Four weeks of treatment with liraglutide reduces insulin dose without loss of glycemic control in type 1 diabetic patients with and without residual beta-cell function

Abstract

Objective: To investigate the effect of 4 weeks of treatment with liraglutide on insulin dose and glycemic control in type 1 diabetic patients with and without residual β-cell function.

Research design and methods: Ten type 1 diabetic patients with residual β-cell function (C-peptide positive) and 19 without (C-peptide negative) were studied. All C-peptide-positive patients were treated with liraglutide plus insulin, whereas C-peptide-negative patients were randomly assigned to liraglutide plus insulin or insulin monotherapy. Continuous glucose monitoring with identical food intake and physical activity was performed before (week 0) and during (week 4) treatment. Differences in insulin dose; HbA1c; time spent with blood glucose<3.9, >10, and 3.9-9.9 mmol/L; and body weight were evaluated.

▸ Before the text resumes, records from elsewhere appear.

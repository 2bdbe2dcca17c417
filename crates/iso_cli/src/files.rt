//! The table and the grid that the words name.

ghost use Rattle.std.specs.Prelude.{◌≡◌, ◌+◌, ◌≤◌, length, None, IfOk, IfErr};
ghost use Rattle.std.specs.Io.KnownBytes.{Consumes};
ghost use Rattle.iso_base.specs.Files.{bytes_of};
ghost use Rattle.iso_base.specs.Shelves.{IsSameShelf};
ghost use Rattle.nrrd_raw.specs.Undecided.{TakesSuch};
ghost use Rattle.iso_formats.specs.GridFile.{SpellsGrid};
ghost use Rattle.iso_formats.specs.TableFile2.{limit_of};
ghost use Rattle.iso_model.specs.Values.{IsRegularGrid};
ghost use Rattle.table_file.specs.Reading.{table_in};
ghost use Rattle.iso_cli.specs.Checked.{checked_in};
ghost use Rattle.iso_cli.specs.Refusals.{FileHas, HoldBoth, HoldsAccepted, HoldsTable, LacksMeshFile};
ghost use Rattle.iso_cli.specs.Refusals.{IsRefusedFile, IsRefusedForm, IsRefusedGrid, IsRefusedMesh, IsRefusedTable};
ghost use Rattle.iso_cli.specs.Rests.{IsOpenTable, IsTableFront, LeavesGridFile, LeavesMeshFile, LeavesTableFile};
ghost use Rattle.iso_cli.specs.Axes.{needed_by};
ghost use Rattle.iso_cli.specs.Shelves.{AreFrontOf, BlamesShelf, BlamesWhile, FailsOnlyFor};
ghost use Rattle.iso_cli.specs.Statuses.{IfDecided, IsOfFiles, IsOfForm, IsOfGrid, IsOfReading, IsOfTable, IsShelfFault};

use crate::checked::{CheckedTable, certify_any, dimension};
use crate::read::read_front;
use crate::status::{Status, TableForm};
use crate::workers::Workers;
use cell_lattice::Kind;
use iso_base::{Gate, Shelf};
use nrrd_raw::{Grid, read_header, read_samples};
use std::alloc::Global;
use std::thread::Threads;
use table_file::{AnyTable, decode};

/// The most bytes that a table file has.
const TABLE_LIMIT: usize = 1 << 30;

/// How many bytes more it may have in version 2.
const MORE_IN_VERSION_2: usize = 1 << 20;

/// The most bytes that a table file has which begins so.
fn table_limit(bytes: &[u8]) -> usize
    ensures { result ≡ limit_of bytes.now }
{
    if bytes.starts_with(b"HULLTAB2") {
        TABLE_LIMIT + MORE_IN_VERSION_2
    } else {
        TABLE_LIMIT
    }
}

/// Reads what is left of the table file that was begun, up to one byte past its limit.
fn read_to_limit<S: Shelf>(alloc: Global, shelf: &mut S) -> Result<Vec<u8>, Status>
    ensures shelf { IsSameShelf S.faults S.files S.sound shelf.old shelf.new }
    ensures fault { IfErr result (λ status. BlamesShelf status (S.faults shelf.old) (S.faults shelf.new)) }
    ensures sound { S.sound shelf.old → IfErr result (λ status. ¬ IsShelfFault status) }
    ensures refused { IfErr result IsOfReading }
    ensures taken { TakesSuch IsTableFront (S.rest shelf.old) (S.rest shelf.new) }
    ensures undecided { IfErr result (BlamesWhile IsOpenTable (S.rest shelf.old) (S.rest shelf.new)) }
    ensures came { IfOk result (λ bytes. Consumes (S.rest shelf.old) (S.rest shelf.new) bytes.items) }
    ensures front { IfOk result (λ bytes. AreFrontOf (limit_of bytes.items + 1) (S.rest shelf.old) bytes.items) }
    ensures few { IfOk result (λ bytes. IsTableFront bytes.items) }
{
    let mut bytes = read_front(alloc, shelf, TABLE_LIMIT + 1)?;
    if bytes.len() <= TABLE_LIMIT {
        return Ok(bytes);
    }
    let more = read_front(alloc, shelf, table_limit(&bytes) - TABLE_LIMIT)?;
    bytes.extend_from_slice(&more)?;
    Ok(bytes)
}

/// Reads the table of a file, whether it is accepted or not.
pub fn read_table<S: Shelf>(alloc: Global, shelf: &mut S, name: &str) -> Result<AnyTable, Status>
    ensures shelf { IsSameShelf S.faults S.files S.sound shelf.old shelf.new }
    ensures blamed { IfErr result (λ status. BlamesShelf status (S.faults shelf.old) (S.faults shelf.new)) }
    ensures missing { FailsOnlyFor (bytes_of (S.files shelf.old) name.now ≡ None) (S.sound shelf.old) result }
    ensures kinds { IfErr result IsOfForm }
    ensures refused { IfDecided result (IsRefusedFile (S.files shelf.old) name.now IsRefusedForm) }
    ensures left { IfErr result (LeavesTableFile (S.files shelf.old) name.now (S.rest shelf.new)) }
    ensures held { IfOk result (λ table. HoldsTable (S.files shelf.old) name.now (table_in table)) }
{
    shelf.begin(name)?;
    let bytes = read_to_limit(alloc, shelf)?;
    if bytes.len() > table_limit(&bytes) {
        return Err(Status::TableForm(TableForm::Long));
    }
    Ok(decode(alloc, &bytes)?)
}

/// Reads the table of a file, which the check is to accept.
pub fn read_checked<R: Threads + Sync, S: Shelf, G: Gate + Sync>(
    workers: &Workers<R, G>,
    shelf: &mut S,
    name: &str,
) -> Result<CheckedTable, Status>
    ensures shelf { IsSameShelf S.faults S.files S.sound shelf.old shelf.new }
    ensures blamed { IfErr result (λ status. BlamesShelf status (S.faults shelf.old) (S.faults shelf.new)) }
    ensures missing { FailsOnlyFor (bytes_of (S.files shelf.old) name.now ≡ None) (S.sound shelf.old) result }
    ensures kinds { IfErr result IsOfTable }
    ensures refused { IfDecided result (IsRefusedFile (S.files shelf.old) name.now IsRefusedTable) }
    ensures left { IfErr result (LeavesTableFile (S.files shelf.old) name.now (S.rest shelf.new)) }
    ensures held { IfOk result (λ table. HoldsAccepted (S.files shelf.old) name.now (checked_in table)) }
{
    let table = read_table(workers.alloc, shelf, name)?;
    certify_any(workers, table)
}

/// How many axes a grid is to have.
#[derive(Clone, Copy)]
pub enum Axes {
    /// As many as a table has dimensions.
    Just(u8),
    /// As many as cells of a kind have dimensions.
    Of(Kind),
}

impl Axes {
    // How many are needed of a grid that has so many.
    fn needed(self, dims: u8) -> u8
        ensures { result ≡ needed_by self dims }
    {
        match self {
            Axes::Just(dimension) => dimension,
            Axes::Of(Kind::Pyramid) => 3,
            Axes::Of(Kind::Cube | Kind::Simplex) => dims,
        }
    }
}

/// Reads the grid of a file, which is to have as many axes as are needed.
pub fn read_grid<S: Shelf>(
    alloc: Global,
    shelf: &mut S,
    name: &str,
    axes: Axes,
) -> Result<Grid, Status>
    ensures shelf { IsSameShelf S.faults S.files S.sound shelf.old shelf.new }
    ensures blamed { IfErr result (λ status. BlamesShelf status (S.faults shelf.old) (S.faults shelf.new)) }
    ensures missing { FailsOnlyFor (bytes_of (S.files shelf.old) name.now ≡ None) (S.sound shelf.old) result }
    ensures kinds { IfErr result IsOfGrid }
    ensures refused { IfDecided result (IsRefusedFile (S.files shelf.old) name.now (IsRefusedGrid (needed_by axes))) }
    ensures left { IfErr result (LeavesGridFile (S.files shelf.old) name.now (needed_by axes) (S.rest shelf.new)) }
    ensures held { IfOk result (λ grid. FileHas (S.files shelf.old) name.now (λ bytes. SpellsGrid bytes grid)) }
    ensures fits { IfOk result (λ grid. needed_by axes (length grid.sizes) ≡ length grid.sizes) }
    ensures regular { IfOk result IsRegularGrid }
{
    shelf.begin(name)?;
    let header = read_header(shelf)?;
    let needed = axes.needed(header.dims);
    if header.dims != needed {
        return Err(Status::Unfit {
            table: needed,
            grid: header.dims,
        });
    }
    Ok(read_samples(alloc, shelf, &header)?)
}

/// Reads the table of a file, which the check is to accept, and then the grid of another, which is to have as many
/// axes as the table has dimensions.
pub fn read_both<R: Threads + Sync, S: Shelf, G: Gate + Sync>(
    workers: &Workers<R, G>,
    shelf: &mut S,
    table: &str,
    grid: &str,
) -> Result<(CheckedTable, Grid), Status>
    ensures shelf { IsSameShelf S.faults S.files S.sound shelf.old shelf.new }
    ensures blamed { IfErr result (λ status. BlamesShelf status (S.faults shelf.old) (S.faults shelf.new)) }
    ensures missing { FailsOnlyFor (LacksMeshFile (S.files shelf.old) table.now grid.now) (S.sound shelf.old) result }
    ensures kinds { IfErr result IsOfFiles }
    ensures refused { IfDecided result (IsRefusedMesh (S.files shelf.old) table.now grid.now) }
    ensures left { IfErr result (LeavesMeshFile (S.files shelf.old) table.now grid.now (S.rest shelf.new)) }
    ensures held { IfOk result (λ both. HoldBoth (S.files shelf.old) table.now grid.now (checked_in both.0) both.1) }
    ensures regular { IfOk result (λ both. IsRegularGrid both.1) }
{
    let table = read_checked(workers, shelf, table)?;
    let axes = Axes::Just(dimension(&table));
    let grid = read_grid(workers.alloc, shelf, grid, axes)?;
    Ok((table, grid))
}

Results: Insulin dose decreased from 0.50±0.06 to 0.31±0.08 units/kg per day (P<0.001) in C-peptide-positive patients and from 0.72±0.08 to 0.59±0.06 units/kg per day (P<0.01) in C-peptide-negative patients treated with liraglutide but did not change with insulin monotherapy. HbA1c decreased in both liraglutide-treated groups. The percent reduction in daily insulin dose was positively correlated with β-cell function at baseline, and two patients discontinued insulin treatment. In C-peptide-positive patients, time spent with blood glucose<3.9 mmol/L decreased from 3.0 to 1.0 h (P=0.03). A total of 18 of 19 patients treated with liraglutide lost weight during treatment (mean [range] -2.3±0.3 kg [-0.5 to -5.1]; P<0.001). Transient gastrointestinal adverse effects occurred in almost all patients treated with liraglutide.

Conclusions: Treatment with liraglutide in type 1 diabetic patients reduces insulin dose with improved or unaltered glycemic control.

Trial registration: ClinicalTrials.gov NCT00993720.

Figure 1

Blood glucose evaluated from 24 h continuous glucose monitoring as mean blood glucose during 3 days with self-reported identical meals and physical activity before (week 0) and during (week 4) treatment with liraglutide. A: A total of 10 type 1 diabetic patients with residual β-cell function treated with liraglutide and insulin. B: A total of nine type 1 diabetic patients without residual β-cell function treated with liraglutide and insulin. C: A total of 10 type 1 diabetic patients without residual β-cell function treated with insulin alone. *P < 0.05 between week 0 and week 4 within the same group.

Figure 2

Time course of plasma glucose (A) and glucagon (B) during a mixed meal followed by 45 min cycling (120–165 min) in nine type 1 diabetic patients before (week 0, blue circles) and during (week 4, red circles) treatment with liraglutide. Arrow: meal served. If two-way repeated-measures ANOVA resulted in significant difference (time × trial), Student paired t tests were performed at each time point. *P < 0.05.